» **RECORDS PROVIDED**:
<<<<

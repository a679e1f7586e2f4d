// The three demands (SPECIFICATION, The demands) as contracts on the public calls. A function makes one call, or for files
// two, and adds nothing: read its body too. Its contract is the demand.
#![tactic(auto)]

pub mod demand1; // demand1.rt: every call is refused in order, or leaves what is due
pub mod demand2; // demand2.rt: containment, answers, files
pub mod demand3; // demand3.rt: the shortest query
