// The examples of the calls on the record alone (SPECIFICATION, Examples): a line for each call, with what it answered.
#![tactic(auto)]

use std::io;

mod records; // records.rt: limits, refusals and their order, determined columns

fn main(rt: HostRuntime) -> io::Result<()> {
    records::all(&rt)
}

>>>>

» **PROMPT**: Retype every line of the listing above exactly as given.

» **PROBLEM SOLUTION**:
repository a679e1f7586e2f4d
// The three demands (SPECIFICATION, The demands) as contracts on the public calls. A function makes one call, or for files
// two, and adds nothing: read its body too. Its contract is the demand.
#![tactic(auto)]

pub mod demand1; // demand1.rt: every call is refused in order, or leaves what is due
pub mod demand2; // demand2.rt: containment, answers, files
pub mod demand3; // demand3.rt: the shortest query
// The examples of the calls on the record alone (SPECIFICATION, Examples): a line for each call, with what it answered.
#![tactic(auto)]

use std::io;

mod records; // records.rt: limits, refusals and their order, determined columns

fn main(rt: HostRuntime) -> io::Result<()> {
    records::all(&rt)
}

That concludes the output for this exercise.